:: Task instructions ::
Show every line below where "after" can be found.

:: Recorded data ::
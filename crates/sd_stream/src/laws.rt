//! Laws of streams, each the contract of a function that does nothing.
ghost use Rattle.std.specs.Prelude.{◌≡◌, ◌≤◌, ◌++◌, ℕ, List, Option, length};
ghost use Rattle.sd_stream.specs.Laws.{IsInput};
ghost use Rattle.sd_stream.specs.Progress.{Progress, progress_text};
ghost use Rattle.sd_stream.specs.Reading.{IsHeadFault, IsRecordFault};
ghost use Rattle.sd_stream.specs.Stream.{Group, IsStream, stream_text};
ghost use Rattle.sd_stream.specs.Tallies.{HasTaken};
ghost use Rattle.sd_stream.specs.declared.base.Base.{Base};
ghost use Rattle.sd_stream.specs.declared.stream_error.StreamError.{StreamError};
ghost use Rattle.sd_stream.specs.declared.tally.Tally.{Tally};

/// No two streams have the same bytes. So what was written to its end is read, to its end, as the same checkpoints of
/// the same base, image by image.
pub fn one_stream()
    ensures { (base other : Option Base) (groups others : List Group)
        → IsStream base groups → IsStream other others
        → stream_text base groups ≡ stream_text other others
        → (base ≡ other) × (groups ≡ others) }
{}

/// A stream is read to its end, unless the input fails: neither its head, nor what comes after a beginning of it that
/// was read, is refused, and the bytes of an image are there.
pub fn streams_are_read()
    ensures head { (base : Option Base) (groups : List Group) (error : StreamError)
        → IsStream base groups → IsHeadFault (stream_text base groups) error → IsInput error }
    ensures items { (tally : Tally) (p : Progress) (base : Option Base) (groups : List Group)
        (rest : List ℕ) (error : StreamError)
        → IsStream base groups → progress_text p tally.left ++ rest ≡ stream_text base groups
        → HasTaken tally p → tally.left ≡ 0 → IsRecordFault tally rest error → IsInput error }
    ensures bytes { (tally : Tally) (p : Progress) (base : Option Base) (groups : List Group)
        (rest : List ℕ)
        → IsStream base groups → progress_text p tally.left ++ rest ≡ stream_text base groups
        → HasTaken tally p → tally.left ≤ length rest }
{}
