//! The jobs of the workers of a shared core, each from its order to its end.
ghost use Rattle.std.specs.Prelude.{◌≡◌, true};
ghost use Rattle.sd_command.specs.declared.refusal.Refusal.TheVariants.{Einval};
ghost use Rattle.sd_command.specs.declared.reply.Reply.TheVariants as reply;
ghost use Rattle.sd_gate.specs.declared.worker.Worker.TheVariants as its;
ghost use Rattle.sd_shared.specs.Told.{ends_job};
ghost use Rattle.sd_shared.specs.Turns.{AreOutside, MakesJob, RelaysJob, ResumesJob};

use crate::crew::Crew;
use crate::driving::go_on;
use crate::hands::Hands;
use crate::hold::Hold;
use crate::job::Job;
use crate::ordering::OneOrder;
use crate::relayed_dump::{RelayedDump, last_of};
use crate::shared::Shared;
use sd_command::{Refusal, Reply};
use sd_disk::Disk;
use sd_gate::Worker;
use sd_relay::relay;
use std::sync::Wait;
use std::thread::Threads;

/// How many writers a checkpoint may have at most.
const MOST_WRITERS: usize = 8;

impl<D: Disk + Drop> Shared<D> {
    /// A checkpoint with writers, as [`Shared::run_relay`].
    pub(crate) fn run_with_writers<R: Threads + Wait + Sync, H: Hold + Sync>(
        &self,
        rt: &R,
        one: OneOrder,
        rounds: u64,
        writers: usize,
        hold: &H,
    ) -> Reply
    where
        D: Send,
        ensures over { ends_job result ≡ true }
        ensures refused { AreOutside writers → result ≡ reply.Refused Einval }
        ensures job { (AreOutside writers → ⊥) → RelaysJob D.contents rounds result }
    {
        if writers == 0 || MOST_WRITERS < writers {
            one.end();
            return Reply::Refused(Refusal::Einval);
        }
        self.relay_once(rt, one, rounds, writers, hold)
    }

    /// Relays a checkpoint to so many writers.
    fn relay_once<R: Threads + Wait + Sync, H: Hold + Sync>(
        &self,
        rt: &R,
        one: OneOrder,
        rounds: u64,
        writers: usize,
        hold: &H,
    ) -> Reply
    where
        D: Send,
        ensures over { ends_job result ≡ true }
        ensures job { RelaysJob D.contents rounds result }
    {
        let crew = Crew::new(rt, self, hold);
        let mut dump = RelayedDump::new(&crew, one, rounds);
        match relay(rt, self.alloc, writers, &mut dump, &crew) {
            Ok(_) => last_of(dump.into_last(), crew.into_refused()),
            Err(_) => {
                drop(dump.into_last());
                Reply::Refused(Refusal::OutOfMemory)
            }
        }
    }

    /// Begins a job of a worker, and makes it to its end.
    pub(crate) fn run<R: Wait, H: Hold>(
        &self,
        rt: &R,
        one: OneOrder,
        worker: Worker,
        rounds: u64,
        hold: &H,
    ) -> Reply
        ensures over { ends_job result ≡ true }
        ensures job { MakesJob D.contents worker rounds result }
    {
        let (first, number) = self.begin(rt, one, worker, rounds);
        let mut job = Job::new(rt, self, hold, worker, number, first);
        go_on(rt, &mut job);
        job.into_last()
    }

    /// Goes on with a checkpoint that stands, as it does where `run_dumper` returned `OutOfMemory`. Returns the last
    /// reply.
    ///
    /// A job has one driver. Where another thread drives this one, and the first step isn't refused, this call drives
    /// it from then on, is answered how it ends, and the other is answered `Idle`.
    ///
    /// # Errors
    ///
    /// `Idle` where none runs, and `Busy` while a device call of it is out: nothing changed, and whoever drives it goes
    /// on. `Busy` also after some steps, where outcomes are awaited that the driver before hands in: it stands, and
    /// this call is made again.
    pub fn go_on_dumper<R: Wait>(&self, rt: &R, hold: &impl Hold) -> Reply
        ensures over { ends_job result ≡ true }
        ensures told { ResumesJob D.contents its.Dumper result }
    {
        self.go_on(rt, Worker::Dumper, hold)
    }

    /// Goes on with a merge that stands, as `go_on_dumper`: `Idle` where none runs.
    pub fn go_on_merger<R: Wait>(&self, rt: &R, hold: &impl Hold) -> Reply
        ensures over { ends_job result ≡ true }
        ensures told { ResumesJob D.contents its.Merger result }
    {
        self.go_on(rt, Worker::Merger, hold)
    }

    /// Goes on with an opening that stands, as `go_on_dumper`: `Idle` where none runs.
    pub fn go_on_opener<R: Wait>(&self, rt: &R, hold: &impl Hold) -> Reply
        ensures over { ends_job result ≡ true }
        ensures told { ResumesJob D.contents its.Opener result }
    {
        self.go_on(rt, Worker::Opener, hold)
    }

    fn go_on<R: Wait, H: Hold>(&self, rt: &R, worker: Worker, hold: &H) -> Reply
        ensures over { ends_job result ≡ true }
        ensures told { ResumesJob D.contents worker result }
    {
        let (number, next) = self.resume(rt, worker);
        let mut job = Job::new(rt, self, hold, worker, number, Reply::Worked);
        job.take(next);
        go_on(rt, &mut job);
        job.into_last()
    }
}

:: Task result ::
/// A stream is read to its end, unless the input fails: neither its head, nor what comes after a beginning of it that
    /// on. `Busy` also after some steps, where outcomes are awaited that the driver before hands in: it stands, and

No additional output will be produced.